### Problem statement:
Look through the records below, and copy out every line that holds the string "match".

(Saved entries)

// The top ring: the largest necklace of length n and density d.
#![tactic(auto)]

ghost use Rattle.std.specs.Prelude.{◌≡◌, ◌-◌, ◌*◌, ◌%◌, ◌<◌, ◌≤◌, length, take};
ghost use Rattle.density.specs.InnerBalanced.{balanced};
ghost use Rattle.density.specs.Necklaces.{largest_necklace};
ghost use Rattle.refusal.specs.Outcomes.{decide, filled};
ghost use Rattle.largest.specs.Top.{top_verdict};
ghost use Rattle.refusal.specs.Verdicts.{most_stations};

use refusal::{Refusal, are_stations};

// The row with few holes, from the row b of its d blocks: a block is n / d - b[k] zeros and a 1.
fn join_few(b: [u8; refusal::MOST_STATIONS], n: usize, d: usize) -> [u8; refusal::MOST_STATIONS]
    requires n_le_most_stations { n ≤ most_stations }
    requires d_nonzero { 0 < d }
    requires d_bound { 2 * d ≤ n }
    requires b_value { take d b ≡ balanced d (d - n % d) }
    ensures { take n result ≡ balanced n d }
{
    let t = n / d;
    let mut row = [0u8; refusal::MOST_STATIONS];
    let mut p: usize = 0;
    for k in 0..d {
        // by `as`, and b[k] by its place: so the answers speak of the symbol itself
        p = p + t + 1 - b[k] as usize;
        row[p - 1] = 1;
    }
    row
}

// The row with many holes, from the row c of its n - d blocks: a block is a 0 and n / (n - d) - 1 + c[k] ones.
fn join_many(c: [u8; refusal::MOST_STATIONS], n: usize, d: usize) -> [u8; refusal::MOST_STATIONS]
    requires n_le_most_stations { n ≤ most_stations }
    requires d_lt_n { d < n }
    requires n_bound { n < 2 * d }
    requires c_value { take (n - d) c ≡ balanced (n - d) (n % (n - d)) }
    ensures { take n result ≡ balanced n d }
{
    let z = n - d;
    let s = n / z;
    let mut row = [1u8; refusal::MOST_STATIONS];
    let mut p: usize = 0;
    for k in 0..z {
        row[p] = 0;
        // the same
        p = p + s + c[k] as usize;
    }
    row
}

// The rule for few holes: the pitches come from the top ring of d stations.
#[cycle(few_holes_many_holes)]
fn few_holes(n: usize, d: usize) -> [u8; refusal::MOST_STATIONS]
    requires n_nonzero { 0 < n }
    requires n_le_most_stations { n ≤ most_stations }
    requires d_bound { 2 * d ≤ n }
    ensures { take n result ≡ balanced n d }
{
    if d == 0 {
        return [0u8; refusal::MOST_STATIONS];
    }
    let e = d - n % d;
    if 2 * e <= d {
        join_few(few_holes(d, e), n, d)
    } else {
        join_few(many_holes(d, e), n, d)
    }
}

// The rule for many holes: the runs of ones come from the top ring of n - d stations.
#[cycle(few_holes_many_holes)]
fn many_holes(n: usize, d: usize) -> [u8; refusal::MOST_STATIONS]
    requires n_le_most_stations { n ≤ most_stations }
    requires d_le_n { d ≤ n }
    requires n_bound { n < 2 * d }
    ensures { take n result ≡ balanced n d }
{
    if d == n {
        return [1u8; refusal::MOST_STATIONS];
    }
    let z = n - d;
    let e = n % z;
    if 2 * e <= z {
        join_many(few_holes(z, e), n, d)
    } else {
        join_many(many_holes(z, e), n, d)
    }
}

// The top ring of (n, d), by the rule that fits its holes.
fn top_row(n: usize, d: usize) -> [u8; refusal::MOST_STATIONS]
    requires n_nonzero { 0 < n }
    requires n_le_most_stations { n ≤ most_stations }
    requires d_le_n { d ≤ n }
    ensures { take n result ≡ largest_necklace n d }
{
    if 2 * d <= n {
        few_holes(n, d)
    } else {
        many_holes(n, d)
    }
}

// Writes the top ring of (n, d) to the front of the buffer.
pub fn largest_necklace(n: usize, d: usize, out: &mut [u8]) -> Result<(), Refusal>
    ensures answer { result ≡ decide (top_verdict n d (length out.old)) tt }
    ensures buffer { out.new ≡ filled (top_verdict n d (length out.old)) (largest_necklace n d) out.old }
{
    if !are_stations(n) {
        return Err(Refusal::Stations);
    }
    if n < d {
        return Err(Refusal::Holes);
    }
    if out.len() < n {
        return Err(Refusal::Buffer);
    }
    let row = top_row(n, d);
    words::inner::write_front(&row[..n], out);
    Ok(())
}
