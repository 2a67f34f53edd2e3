//! The steps of threads at a turnstile, as the table sees them.
// The rule of the table, and what each step on it tells.
ghost use Rattle.turn_lock.specs.Steps.{Claims, Tells, Releases, Stays, Counts, Compares, joining};
ghost use Rattle.turn_lock.specs.Turns.{splitting, split_off};
ghost use Rattle.turn_lock.specs.Views.{spent};

use crate::kept::Kept;
use crate::view::View;
use atomic_table::{Join, Play, Split, TableRule};
use std::snapshot::Snapshot;

/// The rule. The table is told the value that it begins with.
pub struct Rule;

impl<S: Kept> TableRule<Option<S>, View<S::Fixed, S::Entry, S::Job>, Snapshot<S>> for Rule {
    ghost use Rattle.turn_lock.specs.Rule.{IsKept};
    ghost use Rattle.turn_lock.specs.Views.{root_view};

    ghost holds = { λ key. IsKept S.fixed S.entries S.jobs (S.fixed key.value) };

    ghost first = { λ key. root_view (S.fixed key.value) (S.entries key.value) };
}

// The first word goes from 0 to 1, where it was 0.
pub(crate) struct Claim;

impl<S: Kept> Play<Option<S>, View<S::Fixed, S::Entry, S::Job>> for Claim {
    ghost then = { Claims S.fixed S.entries S.jobs };
}

// The second word becomes the number of entries of the value that the holder leaves.
pub(crate) struct Tell;

impl<S: Kept> Play<Option<S>, View<S::Fixed, S::Entry, S::Job>> for Tell {
    ghost then = { Tells S.entries };
}

// The first word goes from 1 to 0.
pub(crate) struct Release;

impl<S: Kept> Play<Option<S>, View<S::Fixed, S::Entry, S::Job>> for Release {
    ghost then = { Releases S.entries S.jobs };
}

// A thread begins or ends to wait: the third word goes up or down.
pub(crate) struct Queue;

impl<S, F, E, J> Play<Option<S>, View<F, E, J>> for Queue {
    ghost then = { Stays };
}

// A new seat.
pub(crate) struct Cut;

impl<F, E, J> Split<View<F, E, J>> for Cut {
    ghost left = { splitting };

    ghost right = { split_off };
}

// A seat taken in.
pub(crate) struct Glue;

impl<F, E, J> Join<View<F, E, J>> for Glue {
    ghost both = { joining };

    ghost spent = { spent };
}

// A look at the second word, by which the seat learns how many entries the history has.
pub(crate) struct Count;

impl<S, F, E, J> Play<Option<S>, View<F, E, J>> for Count {
    ghost then = { Counts };
}

// A look at the first word, by which the root learns that of the two histories of a join the shorter begins the longer.
pub(crate) struct Look;

impl<S, F, E, J> Play<Option<S>, View<F, E, J>> for Look {
    ghost then = { Compares };
}
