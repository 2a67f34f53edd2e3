//! The rows of the live requests.
ghost use Rattle.std.specs.Prelude.{◌≡◌, ◌∷◌, [], ℕ, true, false, option_copied, IfOk, OnOk};
ghost use Rattle.std.specs.List.{list_any};
ghost use Rattle.std.specs.Map.{values_of};
ghost use Rattle.std.specs.Map.Iter.{ShowsInOrder, deref_pair};
ghost use Rattle.hal_model.specs.Words.{begins_request};
ghost use Rattle.hal_rows.specs.declared.row.Row.{Row as ARow};
ghost use Rattle.hal_rows.specs.Judged.{held_count_at, is_held_at, is_row_called_from};
ghost use Rattle.hal_rows.specs.State.{settled};
ghost use Rattle.hal_row.specs.Settled.{IsTopped};
ghost use Rattle.hal_rows.specs.Row.{is_row_in_call, is_row_live, note_rows, row_for, rows_but};

use crate::index::{Index, begin_row, clear, is_called_from, new_index, note_event};
use cam_types::NoMemory;
use hal_model::HalEvent;
use hal_row::Tops;
use hal_rows::Row;
use lru::Iter;
use std::alloc::Global;
use std::marker::Model;

/// The rows of the live requests. A contract sees them as a list, that which was begun last first.
#[derive(Drop)]
pub struct LiveRows {
    index: Index,
}

impl Model for LiveRows {
    ghost use Rattle.std.specs.Prelude.{List};
    ghost use Rattle.std.specs.Map.{values_of};
    ghost use Rattle.hal_rows.specs.declared.row.Row.{Row};
    ghost use Rattle.hal_table.specs.Index.{IsIndexed};

    ghost Value = { List Row };

    ghost view = { λ t. values_of t.index.rows.entries };

    ghost invariant = { λ t. IsIndexed t.index };
}

impl LiveRows {
    /// No request is live.
    pub fn new(alloc: Global) -> Result<LiveRows, NoMemory>
        ensures { IfOk result (λ rows. rows ≡ []) }
    {
        Ok(LiveRows {
            index: new_index(alloc)?,
        })
    }

    /// The rows, that which was begun last first, each beside its request's number.
    pub fn iter(&self) -> Iter<'_, u32, Row>
        ensures rows { values_of result ≡ self.now }
        ensures runs { ShowsInOrder (deref_pair {K = ℕ} {X = ARow}) }
    {
        self.index.rows.iter()
    }

    /// The row of a request, if it is live.
    pub fn row_for(&self, frame: u32) -> Option<&Row>
        ensures { option_copied result ≡ row_for frame self.now }
    {
        self.index.rows.peek(&frame)
    }

    /// Whether a request is in call whose number isn't below this one.
    pub fn is_called_from(&self, frame: u32) -> bool
        ensures { result ≡ list_any (is_row_called_from frame) self.now }
    {
        let _valid = self.index.rows.len();
        is_called_from(frame, &self.index.called)
    }

    /// Whether a request is in call.
    #[tactic(auto, using(crate::proofs::Counted::calling_reads))]
    pub fn is_calling(&self) -> bool
        ensures { result ≡ list_any is_row_in_call self.now }
    {
        self.is_called_from(0)
    }

    /// Whether a request holds the buffer.
    pub fn is_held(&self, buffer: u32) -> bool
        ensures { result ≡ is_held_at buffer self.now }
    {
        0 < self.index.held.of_buffer(buffer)
    }

    /// How many buffers of the stream requests hold.
    pub fn held_count(&self, stream: u32) -> u64
        ensures { result ≡ held_count_at stream self.now }
    {
        self.index.held.of_stream(stream)
    }

    /// Puts the row of a request that begins in place of the one of its number. An error only where memory runs out;
    /// there is no row then.
    pub fn begin(&mut self, alloc: Global, row: Row) -> Result<(), NoMemory>
        requires live { is_row_live row ≡ true }
        requires in_call { is_row_in_call row ≡ true }
        ensures { OnOk result (self.new ≡ row ∷ rows_but row.frame self.old) }
    {
        match begin_row(row, &mut self.index) {
            Ok(()) => Ok(()),
            Err(error) => {
                clear(alloc, &mut self.index);
                Err(error)
            }
        }
    }

    /// Notes an event that begins no request, also in the numbers of what requests brought back. An error only where
    /// memory runs out; there is no row then.
    pub fn note(
        &mut self,
        alloc: Global,
        parts: u32,
        flushing: bool,
        event: &HalEvent,
        tops: &mut Tops,
    ) -> Result<(), NoMemory>
        requires { begins_request event.now ≡ false }
        ensures rows { OnOk result (self.new ≡ note_rows parts flushing event.now self.old) }
        ensures tops { OnOk result (IsTopped (settled parts flushing event.now self.old) tops.old tops.new) }
    {
        match note_event(alloc, parts, flushing, event, &mut self.index, tops) {
            Ok(()) => Ok(()),
            Err(error) => {
                clear(alloc, &mut self.index);
                Err(error)
            }
        }
    }
}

### Your response:
        match begin_row(row, &mut self.index) {
        match note_event(alloc, parts, flushing, event, &mut self.index, tops) {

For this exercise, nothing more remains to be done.